Elemental mapping with high input count rates (ICR) is desirable when analysis time should be minimized. When using typical input count rates (in this example 63 kcps) at short measurement times (1 frame = 7 seconds), the number of total counts is too low to provide quantitative element distributions or even to reveal the distribution without filtering (Figure 2 top).

Mapping is especially challenging when peak deconvolution is required, like in this example with Si-K and W-M peak line series overlaps (i.e., Si-Ka at 1.740 keV and W-Ma lines at 1.775 keV). An online deconvolution function is applied to the EDS mapping to retrieve the deconvolved net peak intensities (Figure 1).

Higher electron beam currents provide higher incoming count rates (ICR in this example 700 kcps) allowing fast EDS mapping with sufficient count statistics and preserved spectral quality. Using such measurement conditions, the new XFlash® 7 detectors provide a detailed element distribution image down to physically optimal resolution without the need for map filtering (Figures 2 bottom, 3 bottom).

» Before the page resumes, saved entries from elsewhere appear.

//! ICMP messages that come out of a pair (RFC 7915 sections 4.2, 4.3, 5.2 and 5.3).
ghost use Rattle.siit_pair.specs.Same.{error_backward, error_forward, is_same_error, is_same_icmp, unsummed};
ghost use Rattle.siit_roles.specs.Limits.{IsWithinLimits};
ghost use Rattle.std.specs.Prelude.{◌≡◌, ◌≤◌, ◌+◌, length, true, false, Some, None};

use crate::accepted::{accepted_error4, accepted_error6};
use crate::equal::{is_same_moved, is_same_unsummed};
use crate::transport::have_header;
use siit_addr::{Addr6, Addresses6};
use siit_checksum::sum_of;
use siit_departure4::new_error;
use siit_departure6::translate_message;
use siit_icmp::is_error_kind4;
use siit_roles::Settings;
use siit_views::PacketBuf;

/// The length of the header of an ICMP message in bytes (RFC 792).
const HEADER: usize = 8;

/// The place of the checksum in it.
const CHECKSUM: usize = 2;

/// The length of an IPv6 header in bytes (RFC 8200 section 3).
const IPV6_HEADER: usize = 40;

/// The unspecified address (RFC 4291 section 2.5.2) for both ends of a packet whose checksum nobody looks at.
const UNSPECIFIED: Addresses6 = Addresses6 {
    src: Addr6(0),
    dst: Addr6(0),
};

/// Whether an ICMP message came out as it went in: an echo message but for the spelling of its checksum, and an error
/// as both devices translate it, which is done in `work`. Others don't come out.
pub(crate) fn is_same_icmp(
    first: &Settings,
    second: &Settings,
    old: &[u8],
    new: &[u8],
    work: &mut PacketBuf,
) -> bool
    requires first { IsWithinLimits first.now }
    requires second { IsWithinLimits second.now }
    requires most { length old.now ≤ 65535 }
    ensures { result ≡ is_same_icmp first.now second.now old.now new.now }
{
    if !have_header(HEADER, old, new) {
        return false;
    }
    match old[0] {
        8 | 0 => is_same_moved(CHECKSUM, old, new),
        kind => is_error_kind4(kind) && is_same_error(first, second, old, new, work),
    }
}

/// The same of an ICMP error.
fn is_same_error(
    first: &Settings,
    second: &Settings,
    old: &[u8],
    new: &[u8],
    work: &mut PacketBuf,
) -> bool
    requires first { IsWithinLimits first.now }
    requires second { IsWithinLimits second.now }
    requires most { length old.now ≤ 65535 }
    requires old { 8 ≤ length old.now }
    requires new { 8 ≤ length new.now }
    ensures { result ≡ is_same_error first.now second.now old.now new.now }
{
    if sum_of(new) != sum_of(old) {
        return false;
    }
    work.load(old);
    if !go_forward(first, work) {
        return false;
    }
    if !go_backward(second, work) {
        return false;
    }
    is_same_unsummed(CHECKSUM, work.bytes(), new)
}

/// Makes of the ICMPv4 error in the buffer the ICMPv6 error that a device makes of it, with some checksum, and answers
/// whether it makes one.
fn go_forward(settings: &Settings, work: &mut PacketBuf) -> bool
    requires limits { IsWithinLimits settings.now }
    requires header { 8 ≤ length work.old.bytes }
    requires most { length work.old.bytes ≤ 65535 }
    requires front { work.old.front ≡ 256 }
    ensures none { result ≡ false → error_forward settings.now work.old.bytes ≡ None }
    ensures made { result ≡ true → error_forward settings.now work.old.bytes ≡ Some (unsummed 2 work.new.bytes) }
    ensures header { result ≡ true → 8 ≤ length work.new.bytes }
    ensures short { result ≡ true → length work.new.bytes ≤ 1240 }
    ensures front { result ≡ true → 216 ≤ work.new.front }
{
    match accepted_error4(settings, work.bytes()) {
        Some(error) => {
            translate_message(settings, work, 0, UNSPECIFIED, &error);
            true
        }
        None => false,
    }
}

/// Makes of the ICMPv6 error in the buffer the ICMPv4 error that a device makes of it, with some checksum, and answers
/// whether it makes one.
fn go_backward(settings: &Settings, work: &mut PacketBuf) -> bool
    requires limits { IsWithinLimits settings.now }
    requires header { 8 ≤ length work.old.bytes }
    requires short { length work.old.bytes ≤ 1240 }
    requires front { 40 ≤ work.old.front }
    ensures none { result ≡ false → error_backward settings.now work.old.bytes ≡ None }
    ensures made { result ≡ true → error_backward settings.now work.old.bytes ≡ Some (unsummed 2 work.new.bytes) }
    ensures header { result ≡ true → 8 ≤ length work.new.bytes }
{
    match accepted_error6(settings, work.bytes()) {
        Some(error) => {
            work.grow_front(IPV6_HEADER);
            new_error(settings, work, IPV6_HEADER, UNSPECIFIED, &error);
            work.shrink_front(IPV6_HEADER);
            true
        }
        None => false,
    }
}
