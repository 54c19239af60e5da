//! The laws, each the contract of a function with no body.
ghost use Rattle.siit_pair.specs.Laws.{
  AddressesComeBack,
  DatagramsComeAcross,
  DisjointPairsComeBack,
  ExtensionsComeAcross,
  FragmentsComeAcross,
  OneTableMapsAlike,
  PacketsBehindAreRead,
  QuotesComeAcross,
};

use siit_arrival4::rules_leave4;
use siit_arrival6::rules_leave6;
use siit_cutting::{cutting_commutes_to_4, cutting_commutes_to_6};
use siit_map::disjoint_tables_come_back;
use siit_quoted::{bodies_come_back, extensions_come_back};

/// Two devices with one table map alike; an IPv4 address that maps back comes back through two devices that map alike;
/// and in a pair with a table of disjoint prefixes every address does that its devices map. There is nothing to run.
pub fn addresses_come_back()
    ensures alike { OneTableMapsAlike }
    ensures reversible { AddressesComeBack }
    ensures disjoint { DisjointPairsComeBack }
{
    disjoint_tables_come_back();
}

/// A whole datagram is behind a pair what it was, changed in nothing but what is listed. There is nothing to run.
pub fn datagrams_come_across()
    ensures { DatagramsComeAcross }
{}

/// What comes out behind a pair for the fragments of a datagram joins to the datagram, changed in nothing but what is
/// listed. There is nothing to run.
pub fn fragments_come_across()
    ensures { FragmentsComeAcross }
{
    rules_leave4();
    rules_leave6();
    cutting_commutes_to_6();
    cutting_commutes_to_4();
}

/// Each packet that comes out behind a pair is read as it is written. There is nothing to run.
pub fn packets_behind_are_read()
    ensures { PacketsBehindAreRead }
{
    rules_leave4();
    rules_leave6();
    cutting_commutes_to_6();
}

/// The quote of an ICMP error comes out of a pair with its own addresses, cut and padded as the law says (RFC 4884).
/// There is nothing to run.
pub fn quotes_come_across()
    ensures { QuotesComeAcross }
{
    bodies_come_back();
}

/// An extension that the first device carries comes out of a pair byte for byte (RFC 4884). There is nothing to run.
pub fn extensions_come_across()
    ensures { ExtensionsComeAcross }
{
    extensions_come_back();
}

Fig. 1: Peak deconvolution of the strongly overlapping Si-Ka (1.740 keV) and W-Ma (1.775 keV) lines
Fig. 2: Composite raw EDS maps distinguishing Si and W residues on etched Au. The measurements were done at 15kV and 1 frame (7 seconds measurement time). Top image: 63kcps ICR (18% dead time). Bottom image: 700kcps ICR (38% dead time). No image filter was used. The element distribution maps are based on deconvolved net intensities of the Si-K and W-M lines.
Fig. 3: Raw composite EDS maps acquired at 15kV with 20 frames (140 seconds measurement time). Top image: 63kcps ICR (18% dead time). Bottom image: 700kcps ICR (38% dead time). No image filter was used. The maps show deconvolved net intensities of the Si-K and W-M lines.